- To do -
Give back exactly the lines from the one containing "Some (Completion Zsh)" through the end of the records, including both, and no others.

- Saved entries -
ghost use Rattle.std.specs.Prelude.{◌≡◌, ◌++◌, true, false, [], ◌∷◌, Some, None, codes, negsuc};
ghost use Rattle.clap.specs.Words.{Text, takes};
ghost use Rattle.jepsen_form.specs.declared.item.MomentField.TheVariants.{Index, Time};
ghost use Rattle.intervals.specs.declared.claim.Initial.TheVariants.{Known, Unknown};
ghost use Rattle.intervals.specs.declared.claim.Kind.TheVariants.{Regular, Atomic};
ghost use Rattle.intervals.specs.declared.claim.Kind.TheVariants as kinds;
ghost use Rattle.intervals.specs.declared.operation.Value.TheVariants.{Nil, Int};
ghost use Rattle.words.specs.declared.check.ReportForm.TheVariants.{Report, Summary, Json, Edn, GitHub, Junit, Trace};
ghost use Rattle.words.specs.declared.colour.ColourWord.TheVariants as colours;
ghost use Rattle.words.specs.declared.completion.Shell.TheVariants.{Bash, Zsh, Fish};
ghost use Rattle.words.specs.declared.lint.LintForm.TheVariants as lint_forms;
ghost use Rattle.words.specs.declared.show.Picture.TheVariants as pictures;
ghost use Rattle.words.specs.declared.show.ThemeWord.TheVariants.{Auto, Dark};
ghost use Rattle.words.specs.declared.watch.LineForm.TheVariants as line_forms;
ghost use Rattle.words.specs.Words.{Check, Completion, Explain, Keys, Lint, Manual, OfFile, OfTraces, Safe, Show, Tower, Version, Watch, asked, command_line, is_no_option, no_demand};

/// What words ask for, whatever the program's name is: after it comes the command, and then its file. A file whose
/// name begins with a hyphen comes after `--`.
pub fn words_in_turn()
    ensures input { (program : Text) → asked (program ∷ codes "safe" ∷ []) ≡ Some (Safe None) }
    ensures trace { (program name : Text) → is_no_option name ≡ true → asked (program ∷ codes "safe" ∷ name ∷ []) ≡ Some (Safe (Some name)) }
    ensures tower { (program name : Text) → is_no_option name ≡ true → asked (program ∷ codes "tower" ∷ name ∷ []) ≡ Some (Tower name) }
    ensures any_trace { (program name : Text) → asked (program ∷ codes "safe" ∷ codes "--" ∷ name ∷ []) ≡ Some (Safe (Some name)) }
    ensures any_tower { (program name : Text) → asked (program ∷ codes "tower" ∷ codes "--" ∷ name ∷ []) ≡ Some (Tower name) }
    ensures list { (program : Text) → asked (program ∷ codes "explain" ∷ []) ≡ Some (Explain None colours.Auto) }
    ensures code { (program name : Text) → is_no_option name ≡ true → asked (program ∷ codes "explain" ∷ name ∷ []) ≡ Some (Explain (Some name) colours.Auto) }
    ensures version { (program : Text) → asked (program ∷ codes "version" ∷ []) ≡ Some Version }
    ensures version_option { (program : Text) → asked (program ∷ codes "--version" ∷ []) ≡ Some Version }
    ensures version_letter { (program : Text) → asked (program ∷ codes "-V" ∷ []) ≡ Some Version }
    ensures manual { (program : Text) → asked (program ∷ codes "manual" ∷ []) ≡ Some Manual }
    ensures bash { (program : Text) → asked (program ∷ codes "completion" ∷ codes "bash" ∷ []) ≡ Some (Completion Bash) }
    ensures zsh { (program : Text) → asked (program ∷ codes "completion" ∷ codes "zsh" ∷ []) ≡ Some (Completion Zsh) }
    ensures fish { (program : Text) → asked (program ∷ codes "completion" ∷ codes "fish" ∷ []) ≡ Some (Completion Fish) }
{}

- Answer space -
    ensures zsh { (program : Text) → asked (program ∷ codes "completion" ∷ codes "zsh" ∷ []) ≡ Some (Completion Zsh) }
    ensures fish { (program : Text) → asked (program ∷ codes "completion" ∷ codes "fish" ∷ []) ≡ Some (Completion Fish) }
{}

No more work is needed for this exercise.